I'm also looking to upgrade my little 10 gal tank. 
Currently:
2-20 watt screw-in bulbs

I've upgraded the substrate to eco-complete, added CO2, fertilizer, 50% distilled water (our tap is hard) and still the plants just don't seem to thrive. It must be the lighting. They did seem to do a little better in the summer when the tanks gets more natural lite.

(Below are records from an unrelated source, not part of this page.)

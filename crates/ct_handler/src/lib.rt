//! A compartment's error handler: where the record of a trap goes and what stands in it, what the
//! handler begins with, and what its frame ends with.
//!
//! What *Handler* (def_step) says, over registers and a memory; docs/use/machine.md tells the same in
//! prose. No memory is taken, and whether a handler is entered is the caller's.
#![tactic(auto)]

mod record;
mod starting;

pub use ct_cap::{Live, Trap};
pub use record::{record_at, write_record};
pub use starting::{Start, answer, fresh};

If I upgrade to the Satellite Fluorescent Compact Light, 20", 1 x 40 watt I guess the current hoods is not used and the light mounts above an open tank. Will the open tank lighting be distracting?

Jim


----------



## Gomer (Feb 2, 2004)

Another vote for a 1x36 AH retrofit into a standard 10g hood. Instead of mounting the ballast on the fixture, I did it inside the stand to keep things cooler.


----------



## Osteomata (Jan 11, 2005)

Thanks to everyone who gave me their advice.
I did a bit of a cost analysis between the 2 contenders.

Current USA 1x40: 49 
Dual Daylight bulb: 20
Mounting legs: 6
Shipping/handling: 9

Total: 84

AHSupply 36w kit: 42
6700K Bulb: 16
Moonlight LED 14 (estimate from EBay)
Shipping/Handling: 10 (Added a couple bucks for seperate eBay moonlight)

Total: 82

So, I'm going with the Current USA fixture. The 2 extra bucks I spend will be made up by the appearance of the fixture, not having to DIY it into a hood, and not having to buy a seperate moonlight and DIY it as well. I ordered it tonight, from Drsfostersmith.com, even though the price is a few bucks more than some cheaper sites because they had other stuff I wanted, offered several shipping methods, and have given me good/fast service in the past. Thanks again to all of you.


----------



## turtlehead (Nov 27, 2004)

You won't be dissapointed.  very happy with mine.


----------



## arellanon (Jan 2, 2005)

I have two Orbits and they put out TONS of light! You'll be able to grow anything in your tank!


----------



## russell (Dec 7, 2004)

"Another vote for a 1x36 AH retrofit into a standard 10g hood. Instead of mounting the ballast on the fixture, I did it inside the stand to keep things cooler."

by gomer

i agree totally

sorry, i havn't figured out how to quote yet


----------



## Aqua1 (Mar 2, 2005)

So what did you whined up getting.current USA? I also have a 10 gallon and thinking about re-do the entire tank.


----------